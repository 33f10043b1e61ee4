// Lists to which items are added where there are any.
ghost use Rattle.std.specs.Prelude.{◌≡◌, ◌++◌, [], OnOk};
ghost use Rattle.bdb_stored.specs.Items.{with_item};

use std::alloc::AllocError;

/// Adds an item at the end of a list, if there is one.
pub fn push_item<X: Drop>(list: &mut Vec<X>, item: Option<X>) -> Result<(), AllocError>
    ensures { OnOk result (list.new.items ≡ list.old.items ++ with_item item []) }
{
    match item {
        Some(item) => {
            list.push(item)?;
            Ok(())
        }
        None => Ok(()),
    }
}
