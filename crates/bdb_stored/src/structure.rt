// The structure that stands for all worlds of a stored base.
ghost use Rattle.std.specs.Prelude.{IfOk};
ghost use Rattle.bdb_canon.specs.Canonical.{canon_of};
ghost use Rattle.bdb_keep.specs.Calls.{IsRead};
ghost use Rattle.bdb_stored.specs.Structure.{ReadsAsCanon};
ghost use Rattle.bdb_catalog.specs.Bases.{StoresSome};
ghost use Rattle.bdb_catalog.specs.Opening.{IsPartOf};

use crate::edges::edges_of;
use crate::links::worlds_with_links;
use crate::rows::rows_of;
use crate::tuples::tuples_in_order;
use crate::users::user_numbers;
use crate::worlds::worlds_in_order;
use bdb_canon::Canon;
use bdb_keep::Keeper;
use bdb_tables::TabError;
use std::alloc::Global;

/// The structure of the stored base, read from its tables: the states with their suffix links, the tuples, the edges, and
/// the rows of the states' worlds. Worlds and tuples are named by their places, whatever numbers the tables give them.
pub fn canon_of<K: Keeper>(alloc: Global, keeper: &mut K) -> Result<Canon, TabError>
    requires base { StoresSome (K.seen keeper.old).kept }
    ensures canon { IfOk result (IsPartOf canon_of (K.seen keeper.old).kept) }
    ensures reads { IfOk result (ReadsAsCanon (K.seen keeper.old) (K.seen keeper.new)) }
    ensures read { IsRead (K.seen keeper.old) (K.seen keeper.new) result TabError.Fault }
{
    let users = match user_numbers(alloc, keeper) {
        Ok(users) => users,
        Err(error) => return Err(error),
    };
    let worlds = match worlds_in_order(alloc, keeper, &users) {
        Ok(worlds) => worlds,
        Err(error) => return Err(error),
    };
    let tuples = match tuples_in_order(alloc, keeper) {
        Ok(tuples) => tuples,
        Err(error) => return Err(error),
    };
    let linked = match worlds_with_links(alloc, keeper, &worlds) {
        Ok(linked) => linked,
        Err(error) => return Err(error),
    };
    let edges = match edges_of(alloc, keeper, &worlds, &users) {
        Ok(edges) => edges,
        Err(error) => return Err(error),
    };
    match rows_of(alloc, keeper, &worlds, tuples.as_slice()) {
        Ok(rows) => Ok(Canon {
            worlds: linked,
            tuples,
            edges,
            rows,
        }),
        Err(error) => Err(error),
    }
}
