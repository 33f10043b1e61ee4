//! Scripts made from a number: the same seed and size give the same script.
#![tactic(auto)]

mod draws;
mod lines;
mod scripts;
#[cfg(test)]
mod tests;

pub use draws::Draws;
pub use scripts::generate;
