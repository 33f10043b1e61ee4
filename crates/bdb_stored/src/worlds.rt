// The worlds of a stored base, in the order of their paths.
ghost use Rattle.std.specs.Prelude.{◌≡◌, false, [], ◌∷◌, ◌++◌, length, IfOk, ◌≤◌, ◌+◌, ◌*◌, OnOk, IsErrOf};
ghost use Rattle.bdb_base.specs.Alternation.{alternates};
ghost use Rattle.bdb_base.specs.Queries.{user_numbers};
ghost use Rattle.bdb_base.specs.States.{states_of};
ghost use Rattle.bdb_keep.specs.Calls.{IsRead};
ghost use Rattle.bdb_tables.specs.Grammar.{InGrammar};
ghost use Rattle.bdb_tables.specs.Reading.{OnlyReads};
ghost use Rattle.bdb_catalog.specs.Bases.{StoresSome};
ghost use Rattle.bdb_catalog.specs.Opening.{IsPartOf};
ghost use Rattle.bdb_stored.specs.Worlds.{TellsChild, TellsChildren, TellsStates};

use crate::items::push_item;
use bdb_base::{Path, PathError};
use bdb_keep::Keeper;
use bdb_names::NamedWorld;
use bdb_tables::{DepthTab, EdgeTab, TabError, get, rows_under};
use std::alloc::Global;

/// The worlds, by path: world 0 first, then for each world those that are one user deeper. Two reads at most for each world
/// and user.
pub fn worlds_in_order<K: Keeper>(
    alloc: Global,
    keeper: &mut K,
    users: &[u32],
) -> Result<Vec<NamedWorld>, TabError>
    requires base { StoresSome (K.seen keeper.old).kept }
    requires users { IsPartOf (λ b. user_numbers b.catalog.users)
        (K.seen keeper.old).kept users.now }
    ensures worlds { IfOk result (λ worlds. TellsStates (K.seen keeper.old).kept worlds.items) }
    ensures reads { IfOk result
        (λ worlds. (K.seen keeper.new).reads
        ≤ (K.seen keeper.old).reads
        + (length worlds.items + 1 + length worlds.items * (2 * length users.now))) }
    ensures read { IsRead (K.seen keeper.old) (K.seen keeper.new) result TabError.Fault }
{
    let depths = match rows_under::<DepthTab, K>(alloc, keeper, &[]) {
        Ok(depths) => depths,
        Err(error) => return Err(error),
    };
    match grow(alloc, keeper, users, depths.len()) {
        Ok(worlds) => Ok(worlds),
        Err(error) => Err(error),
    }
}

// The worlds in order, of which there are so many.
fn grow<K: Keeper>(
    alloc: Global,
    keeper: &mut K,
    users: &[u32],
    count: usize,
) -> Result<Vec<NamedWorld>, TabError>
    requires base { StoresSome (K.seen keeper.old).kept }
    requires users { IsPartOf (λ b. user_numbers b.catalog.users)
        (K.seen keeper.old).kept users.now }
    requires count { IsPartOf (λ b. length (states_of b.stmts)) (K.seen keeper.old).kept count }
    ensures worlds { IfOk result (λ worlds. TellsStates (K.seen keeper.old).kept worlds.items) }
    ensures reads { OnOk result
        ((K.seen keeper.new).reads ≤ (K.seen keeper.old).reads + count * (2 * length users.now)) }
    ensures reading { OnlyReads (K.seen keeper.old) (K.seen keeper.new) result TabError.Fault }
{
    let mut worlds = match root_alone(alloc) {
        Ok(worlds) => worlds,
        Err(_) => {
            keeper.undo();
            return Err(TabError::Memory);
        }
    };
    for at in 0..count {
        let mut children = match children_of(alloc, keeper, &worlds[at], users) {
            Ok(children) => children,
            Err(error) => return Err(error),
        };
        match worlds.append(&mut children) {
            Ok(()) => {}
            Err(_) => {
                keeper.undo();
                return Err(TabError::Memory);
            }
        }
    }
    Ok(worlds)
}

// World 0, the empty path's, and no other.
fn root_alone(alloc: Global) -> Result<Vec<NamedWorld>, PathError>
    ensures { IfOk result (λ worlds. worlds.items ≡ record { wid = 0; path = [] } ∷ []) }
{
    let path = Path::try_new(alloc, &[])?;
    let mut worlds = Vec::new(alloc);
    match worlds.push(NamedWorld { wid: 0, path }) {
        Ok(()) => Ok(worlds),
        Err(_) => Err(PathError::Memory),
    }
}

// The worlds one user deeper than a world, by user.
fn children_of<K: Keeper>(
    alloc: Global,
    keeper: &mut K,
    world: &NamedWorld,
    users: &[u32],
) -> Result<Vec<NamedWorld>, TabError>
    requires grammar { InGrammar (K.seen keeper.old).kept }
    ensures children { IfOk result
        (λ children. TellsChildren (K.seen keeper.old).kept world.now users.now children.items) }
    ensures reads { OnOk result
        ((K.seen keeper.new).reads ≤ (K.seen keeper.old).reads + 2 * length users.now) }
    ensures reading { OnlyReads (K.seen keeper.old) (K.seen keeper.new) result TabError.Fault }
{
    let mut children = Vec::new(alloc);
    for uid in users {
        let child = match child_of(alloc, keeper, world, *uid) {
            Ok(child) => child,
            Err(error) => return Err(error),
        };
        match push_item(&mut children, child) {
            Ok(()) => {}
            Err(_) => {
                keeper.undo();
                return Err(TabError::Memory);
            }
        }
    }
    Ok(children)
}

// The world one user deeper than a world, if there is one: where the edge for the user leads, unless that is no deeper.
fn child_of<K: Keeper>(
    alloc: Global,
    keeper: &mut K,
    world: &NamedWorld,
    uid: u32,
) -> Result<Option<NamedWorld>, TabError>
    requires grammar { InGrammar (K.seen keeper.old).kept }
    ensures child { IfOk result (TellsChild (K.seen keeper.old).kept world.now uid) }
    ensures reads { OnOk result ((K.seen keeper.new).reads ≤ (K.seen keeper.old).reads + 2) }
    ensures read { IsRead (K.seen keeper.old) (K.seen keeper.new) result TabError.Fault }
{
    let target = match get::<EdgeTab, K>(alloc, keeper, &(world.wid, uid)) {
        Ok(Some(target)) => target,
        Ok(None) => return Ok(None),
        Err(error) => return Err(error),
    };
    let depth = match get::<DepthTab, K>(alloc, keeper, &target) {
        Ok(Some(depth)) => depth,
        Ok(None) => return Ok(None),
        Err(error) => return Err(error),
    };
    if depth as usize != world.path.as_slice().len() + 1 {
        return Ok(None);
    }
    match deeper(alloc, &world.path, uid) {
        Ok(path) => Ok(Some(NamedWorld { wid: target, path })),
        Err(PathError::Repeat) => Ok(None),
        Err(PathError::Memory) => {
            keeper.undo();
            Err(TabError::Memory)
        }
    }
}

// A path with a user at its end. `Repeat` comes exactly where that is no path.
fn deeper(alloc: Global, path: &Path, uid: u32) -> Result<Path, PathError>
    ensures path { IfOk result (λ longer. longer ≡ path.now ++ uid ∷ []) }
    ensures repeat { IsErrOf result PathError.Repeat → alternates (path.now ++ uid ∷ []) ≡ false }
{
    let mut users = match Vec::from_slice(alloc, path.as_slice()) {
        Ok(users) => users,
        Err(_) => return Err(PathError::Memory),
    };
    match users.push(uid) {
        Ok(()) => {}
        Err(_) => return Err(PathError::Memory),
    }
    match Path::try_new(alloc, &users) {
        Ok(longer) => Ok(longer),
        Err(error) => Err(error),
    }
}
☆ ☆ ☆ ☆ ☆ ☆ ☆
A faithful copy of the lines from the line containing "match Path::try_new(alloc, &users)" to the end of the data should be set down, both ends included, and nothing more.

    match Path::try_new(alloc, &users) {
        Ok(longer) => Ok(longer),
        Err(error) => Err(error),
    }
}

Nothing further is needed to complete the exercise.